We develop a theoretical framework for high-harmonic generation (HHG) driven by quantum states of light based on a temporal-mode expansion of the electromagnetic field. This approach extends previous single plane-wave mode treatments to realistic pulse configurations, resolving conceptual inconsistencies arising from non-normalizable infinite plane waves and establishing consistency between analytical and numerical methods. We derive a correction factor that quantifies deviations from the single-mode approximation and show that it remains below $10^{-4}$ for intensities typical of HHG ($\sim 10^{14}~$W/cm$^2$). This result confirms that free-space HHG driven by any quantum state of light is accurately described by averaging semi-classical calculations over the Husimi distribution, with no observable genuine quantum effects. The absence of such effects is attributed to the large photon numbers ($\sim 10^{11}$) required to reach HHG intensities in free space, which render quantum fluctuations negligible.

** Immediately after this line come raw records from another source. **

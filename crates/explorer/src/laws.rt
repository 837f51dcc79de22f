//! What the outcomes of histories are, whichever these are, and which runs go on alike.

ghost use Rattle.std.specs.Prelude.{ℕ};
ghost use Rattle.hist_model.specs.declared.policy.Policy.{Policy};
ghost use Rattle.hist_model.specs.declared.script.Script.{Script};
ghost use Rattle.explorer.specs.Keys.{KeysJoin};
ghost use Rattle.explorer.specs.Laws.{CountsAll, FindsEach};

/// An outcome's count is the number of the histories that have it, and its schedule is that of the first of them; no history is left
/// out, and none is counted twice.
pub fn outcomes_are_counted()
    ensures each { FindsEach }
    ensures all { CountsAll }
{}

/// Two runs of one script that have as many events and the same key go on alike, and come to the same lines.
pub fn equal_keys_go_on_alike()
    ensures { (P : Policy) (S : Script) (W : ℕ) → KeysJoin P S W }
{}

We discuss nanophotonic environments with ultrasmall mode volumes as potential platforms where few-photon strong-field processes could exhibit genuine quantum signatures.

Figures (4)

• Figure 1: Illustration of the electric field pulse shape $E(t)$ used, given by a single-frequency carrier wave modulated with a flat-top pulse envelope. The envelope rises linearly over 5 cycles, becomes constant for 15 cycles, and then decreases linearly over 5 cycles. $E(t)$ is given in atomic units for a peak intensity of $I_0 = 10^{14}$ W/cm$^2$ and $t$ in units of the period $T = \frac{2\pi}{\omega_0}$.
• Figure 2: Deviation of the frequency-independent overlap factor $f_{\text{ov}}$ from unity over a range of $\delta\alpha$ large enough to avoid complete Gaussian suppression.
• Figure 3: Evaluation of the difference $1 -|f_l(\alpha_m, \delta\alpha)|$, represented by the colorbar, as a function of $\omega$ and $\delta\alpha$. Vertical bands are a consequence of numerical noise.
• Figure 4: Harmonic spectrum of the different light distributions for a constant mean intensity. The peaks at odd multiples of the driving frequency $\omega_0$ arise because the electric field $E_{\alpha}(t)$ reaches a maximum (in absolute value) every half cycle.